Others stayed in one spot and let the flitters come to them. They seemed to be familiar enough faces with people that they had a steady stream of short conversations with the many network gatherers. This is possibly the same activity, only from a different angle.
Some people quickly formed into a small, comfortable group and hived themselves off from the main collective. They seemed to be closed groups, as if to say “We’ve got all the friends we need right now. Sorry. I’m sure you’ll find plenty of other people to talk to”. I’m not suggesting anyone was deliberately rude but in a large gathering with a many loosely formed temporary alliances, the tight-knit groups stood out, no matter how hard they tried to hard in the dark corners of the venue.
Surprisingly few were like me, sitting back and watching everyone else. My suspicion is the observer personality often parks behind a camera (still or video), which provides a legitimate reason for watching without interacting too much. Frankly, I was a little jealous of their cover. I found this interesting only in that the stereotype for heavy social media users is sad, no-life losers who can’t make friends in real life and spend all their time on the computer instead. Although I know this to be a fallacy, I was still surprised at how few obvious introverts were present on the night. 

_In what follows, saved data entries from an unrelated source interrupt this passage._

//! The table while it is filled: facts by their first expression, links by their end too, and a count.
ghost use Rattle.std.specs.Prelude.{◌≡◌, ◌<◌, ◌≤◌, [], ◌∷◌, length, IfOk, OnOk, IfErr};
ghost use Rattle.fact_rows.specs.Member.{In};
ghost use Rattle.el_numbers.specs.Table.{below_fact, link_fact};
ghost use Rattle.el_numbers.specs.inner.Storing.{IsWithin, IsLinked, Puts, Adds, IsCounted, AtFault, GoesOver, IsEmpty};

use crate::{Fact, SaturationFault};
use fact_rows::{NumberSet, PairSet, Pairs, insert_at, insert_pair_at, push_pair_at};
use hash_key::HashKey;
use std::alloc::{AllocError, Global};

/// Facts by their first expression, and how many they are.
#[derive(Drop)]
pub struct FactRows {
    /// What each expression is below.
    pub below: Vec<NumberSet>,
    /// The links of each expression: a role and an end.
    pub links: Vec<PairSet>,
    /// The links to each expression: a role and a start.
    pub back: Vec<Pairs>,
    /// The number of facts.
    pub count: u64,
}

/// So many expressions without facts.
pub fn no_facts(alloc: Global, hash_key: HashKey, count: u32) -> Result<FactRows, AllocError>
    ensures { IfOk result (λ rows. IsEmpty count rows) }
{
    let mut below = Vec::new(alloc);
    let mut links = Vec::new(alloc);
    let mut back = Vec::new(alloc);
    for _made in 0..count {
        below.push(NumberSet::new(alloc, hash_key))?;
        links.push(PairSet::new(alloc, hash_key))?;
        back.push(Pairs::new(alloc))?;
    }
    Ok(FactRows {
        below,
        links,
        back,
        count: 0,
    })
}

/// Puts in that one expression is below another, and says whether that is new.
fn put_below(rows: &mut FactRows, lower: u32, upper: u32) -> Result<bool, AllocError>
    requires linked { IsLinked rows.old }
    requires within { lower < length rows.old.below.items }
    ensures { IfOk result (λ is_new. Puts rows.old (below_fact lower upper) is_new rows.new) }
{
    let is_new = insert_at(&mut rows.below, lower, upper)?;
    Ok(is_new)
}

/// Puts in a link, and says whether it is new.
fn put_link(rows: &mut FactRows, start: u32, role: u32, end: u32) -> Result<bool, AllocError>
    requires linked { IsLinked rows.old }
    requires start { start < length rows.old.below.items }
    requires end { end < length rows.old.below.items }
    ensures { IfOk result (λ is_new. Puts rows.old (link_fact start role end) is_new rows.new) }
{
    let is_new = insert_pair_at(&mut rows.links, start, (role, end))?;
    if !is_new {
        return Ok(false);
    }
    push_pair_at(&mut rows.back, end, (role, start))?;
    Ok(true)
}

/// Puts in a fact, and says whether it is new.
fn put_fact(rows: &mut FactRows, fact: Fact) -> Result<bool, AllocError>
    requires linked { IsLinked rows.old }
    requires within { IsWithin (length rows.old.below.items) fact }
    ensures { IfOk result (λ is_new. Puts rows.old fact is_new rows.new) }
{
    match fact {
        Fact::Below(lower, upper) => put_below(rows, lower, upper),
        Fact::Link(start, role, end) => put_link(rows, start, role, end),
    }
}

/// Puts in a fact, which is counted and waits where it is new.
fn put(
    rows: &mut FactRows,
    waiting: &mut Vec<Fact>,
    fact: Fact,
    limit: u64,
) -> Result<(), SaturationFault>
    requires linked { IsLinked rows.old }
    requires counted { IsCounted rows.old }
    requires within { IsWithin (length rows.old.below.items) fact }
    requires few { rows.old.count ≤ limit }
    ensures ok { OnOk result (Adds rows.old waiting.old.items (fact ∷ []) rows.new waiting.new.items) }
    ensures few { OnOk result (rows.new.count ≤ limit) }
    ensures err { IfErr result (λ e. AtFault e limit (GoesOver rows.old (fact ∷ []) rows.new limit)) }
{
    let is_new = put_fact(rows, fact)?;
    if !is_new {
        return Ok(());
    }
    if rows.count == limit {
        return Err(SaturationFault::TooManyFacts(limit));
    }
    rows.count += 1;
    waiting.push(fact)?;
    Ok(())
}

/// Puts in facts, which are counted and wait where they are new.
pub fn put_all(
    rows: &mut FactRows,
    waiting: &mut Vec<Fact>,
    facts: &[Fact],
    limit: u64,
) -> Result<(), SaturationFault>
    requires linked { IsLinked rows.old }
    requires counted { IsCounted rows.old }
    requires within { (g : Fact) → In g facts.now → IsWithin (length rows.old.below.items) g }
    requires few { rows.old.count ≤ limit }
    ensures ok { OnOk result (Adds rows.old waiting.old.items facts.now rows.new waiting.new.items) }
    ensures few { OnOk result (rows.new.count ≤ limit) }
    ensures err { IfErr result (λ e. AtFault e limit (GoesOver rows.old facts.now rows.new limit)) }
{
    for fact in facts {
        put(rows, waiting, *fact, limit)?;
    }
    Ok(())
}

My point? I “knew” a lot more people on the night than I actually spoke to, and even of those I did speak to, very few conversations progressed beyond pleasantries and small talk. I observed very similar conversations happening around the bar for most of the night (so it’s not just the fact that I’m crap at small talk and boring to talk to, so there :P ). The real conversations didn’t seem to settle in until later in the evening when the room was emptying fast.
And so, I wonder…
How strong are the social connections for people who, like me, conduct the bulk of their daily non-work related social interactions online? It has become possible to know quite personal and intimate details about other people through my online relationship with them. I know Lachlan holds Batman almost as closely and dearly as life itself, or that Barry was once good friends with my wife’s cousin, or the ongoing toilet training successes of Mel’s young lad. People have shared internal workplace policy documents with me (nothing nefarious – comparing workplace terms and conditions within the context of enterprise bargaining). My wife has sought (and gratefully received) freelancing advice from someone in another state she has never met.
Yet, with all that intimacy, I’m generally none the wiser about hopes and dreams, personal influences, or even how they are really feeling.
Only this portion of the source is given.